The text of Foundations of Trading is only 160 pages long, but it is packed with insights. Bandy, a former professor of mathematics and computer science, seems to approach writing as he would a computer program—his prose is precise, succinct, efficient.
Two seemingly intractable problems confront any trading system developer. First, he must find a weak signal amidst all the noise. Second, he is subject to the constraints of stationarity. For a trading system to be profitable, “the distribution of signals must be stationary over the combined length of the in-sample and out-of-sample period.” The problem is that financial time series data are notoriously non-stationary. So the longer the holding period, the more likely it is that “conditions change, stationarity is lost, and profitability drops.”

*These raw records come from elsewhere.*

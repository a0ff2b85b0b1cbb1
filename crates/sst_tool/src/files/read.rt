//! Opens files, and reads whole files.
ghost use Rattle.std.specs.Prelude.{◌≡◌, ◌≤◌, IfErr, IfOk, IfSome, None, OnOk, Some, false, length};
ghost use Rattle.sst_tool.specs.files.Words as spec;

use crate::files::{Contents, FileError, FileFault, FileName, Place};
use sst_blocks::Slice;
use std::alloc::Allocator;
use std::fs;
use std::fs::{Metadata, OpenFile};
use std::io::Read;
use std::rt::Files;

/// Returns all bytes of a file, read by [`Place::read`].
///
/// # Errors
///
/// Fails as [`Place::read`] does, with the name of the file.
pub fn read_file<'a, P: Place, A: Allocator + Copy>(
    place: &P,
    alloc: A,
    path: &'a str,
) -> Result<Slice<A>, FileError<'a>>
    // They are the file's bytes, if these are known.
    ensures bytes { IfOk result (λ bytes.
        IfSome (P.content place.now path.now) (λ known. bytes ≡ known)) }
    // An error names the file.
    ensures named { IfErr result (λ e. spec.path_text e.name ≡ path.now) }
    ensures refused { IfErr result (λ e. spec.IsReadFault e.fault) }
    // If the bytes are known, the only error is `OutOfMemory`.
    ensures known { IfErr result (λ e.
        spec.is_memory_fault e.fault ≡ false → P.content place.now path.now ≡ None) }
{
    match place.read(alloc, path) {
        Ok(bytes) => Ok(bytes),
        Err(fault) => Err(FileError {
            name: FileName::Plain(path),
            fault,
        }),
    }
}

/// Opens a file by [`Place::open`].
///
/// # Errors
///
/// Fails as [`Place::open`] does, with the name of the file.
pub fn open_file<'a, P: Place, A: Allocator + Copy>(
    place: &P,
    alloc: A,
    path: &'a str,
) -> Result<Contents<P::File, A>, FileError<'a>>
    // Its bytes are those at the path, if these are known.
    ensures bytes { IfOk result (λ contents. IfSome (P.content place.now path.now)
        (λ known. spec.bytes_in P.File.bytes contents ≡ known)) }
    // An error names the file.
    ensures named { IfErr result (λ e. spec.path_text e.name ≡ path.now) }
    ensures refused { IfErr result (λ e. spec.IsReadFault e.fault) }
    // If the bytes are known, the only error is `OutOfMemory`.
    ensures known { IfErr result (λ e.
        spec.is_memory_fault e.fault ≡ false → P.content place.now path.now ≡ None) }
{
    match place.open(alloc, path) {
        Ok(contents) => Ok(contents),
        Err(fault) => Err(FileError {
            name: FileName::Plain(path),
            fault,
        }),
    }
}

/// Opens a file of the system, or reads a pipe until its end.
///
/// # Errors
///
/// Fails with an error of the system, with [`FileFault::Folder`] for a folder, and with
/// `OutOfMemory`.
pub(crate) fn open_path<R: Files, A: Allocator + Copy>(
    files: &R,
    alloc: A,
    path: &str,
) -> Result<Contents<R::File, A>, FileFault>
    ensures { IfErr result spec.IsReadFault }
{
    let mut file = fs::open(files, path)?;
    if size_of(&file.metadata()?)?.is_some() {
        return Ok(Contents::File(file));
    }
    let bytes = read_whole(alloc, &mut file, None)?;
    Ok(Contents::Memory(bytes))
}

/// Returns all bytes of a file of the system, or of a pipe until its end.
///
/// # Errors
///
/// Fails with an error of the system, with [`FileFault::Folder`] for a folder, with
/// [`FileFault::CutShort`] if the file ends before its size, and with `OutOfMemory`.
pub(crate) fn read_path<R: Files, A: Allocator + Copy>(
    files: &R,
    alloc: A,
    path: &str,
) -> Result<Slice<A>, FileFault>
    ensures { IfErr result spec.IsReadFault }
{
    let mut file = fs::open(files, path)?;
    let size = size_of(&file.metadata()?)?;
    read_whole(alloc, &mut file, size)
}

// Returns the size of a regular file, and `None` for other files. Fails for a folder.
fn size_of(metadata: &Metadata) -> Result<Option<u64>, FileFault>
    ensures refused { IfErr result spec.IsReadFault }
    ensures folder { IfErr result (λ fault. (fault ≡ spec.Folder)
        × spec.IsDir (spec.file_type metadata.now)) }
    ensures file { OnOk result (¬ spec.IsDir (spec.file_type metadata.now)) }
    ensures plain { IfOk result (λ size.
        spec.IsFile (spec.file_type metadata.now) → size ≡ Some (spec.metadata_len metadata.now)) }
    ensures other { IfOk result (λ size. ¬ spec.IsFile (spec.file_type metadata.now) →
        size ≡ None) }
{
    if metadata.is_dir() {
        return Err(FileFault::Folder);
    }
    if metadata.is_file() {
        return Ok(Some(metadata.len()));
    }
    Ok(None)
}

/// Returns all bytes that a reader has left, at least `size` if that is known.
///
/// # Errors
///
/// Fails with [`FileFault::CutShort`] if there are fewer bytes, with the error of the reader, and
/// with `OutOfMemory`.
pub fn read_whole<R: Read, A: Allocator + Copy>(
    alloc: A,
    reader: &mut R,
    size: Option<u64>,
) -> Result<Slice<A>, FileFault>
    // They are all bytes that the reader had, if these are known, and it is at its end.
    ensures bytes { IfOk result (λ s. IfSome (R.remaining reader.old) (λ bytes. s ≡ bytes)) }
    ensures end { OnOk result (spec.IsAtEnd (R.remaining reader.new)) }
    // They are at least as many as expected.
    ensures sized { IfOk result (λ s. IfSome size (λ n. n ≤ length s)) }
    ensures cut { IfErr result (λ fault. spec.IsCutShort fault size) }
    ensures behind { IfErr result (λ fault. spec.IsCutBehind fault (R.remaining reader.old)) }
    ensures refused { IfErr result spec.IsReadFault }
{
    let mut bytes = Vec::new(alloc);
    if let Some(size) = size {
        bytes.reserve_exact(usize::try_from(size).unwrap_or(usize::MAX))?;
    }
    let read = reader.read_to_end(&mut bytes)? as u64;
    match size {
        Some(size) if read < size => Err(FileFault::CutShort { read, size }),
        _ => Ok(Slice::from_vec(bytes)?),
    }
}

Trading system development is a straightforward, if demanding, process. It involves “an extensive in-sample data mining and (hopefully) learning process” in which the developer “generates many alternative trading systems (ATS), each based on a specific model-data combination; evaluates each ATS, giving each a score computed by the objective function; and ranks the ATSs, preferring those with high scores, selecting one.” This is followed by “limited (ideally one time only) testing of the selected system using out-of-sample data to validate that the system has learned.” The objective function that Bandy uses is CAR25 (a lower limit for 75% of the distribution), "the credible value of expected equity growth associated with the risk-normalized forecast of a trading system.”
Foundations of Trading includes a lengthy chapter on risk in which Bandy explains how to quantify one’s personal level of risk tolerance. That is, to define the point at which the drawdown of the system is such that, when exceeded, the trader accepts that “the system is broken and must be taken offline.” In the process he introduces the notion of safe-f, the maximum position size for the next trade.
Here I have shared only a couple of points from Bandy’s book. It contains ever so much more—the distinction between impulse and state signals, traditional system development platforms vs. machine learning, and I could go on and on. It’s a book that every trader should read and re-read. And, even then, recognize that, as Bandy concludes his chapter on trading system development, “There is always a best. It is not always tradable. Even when it is, it may not be good enough.”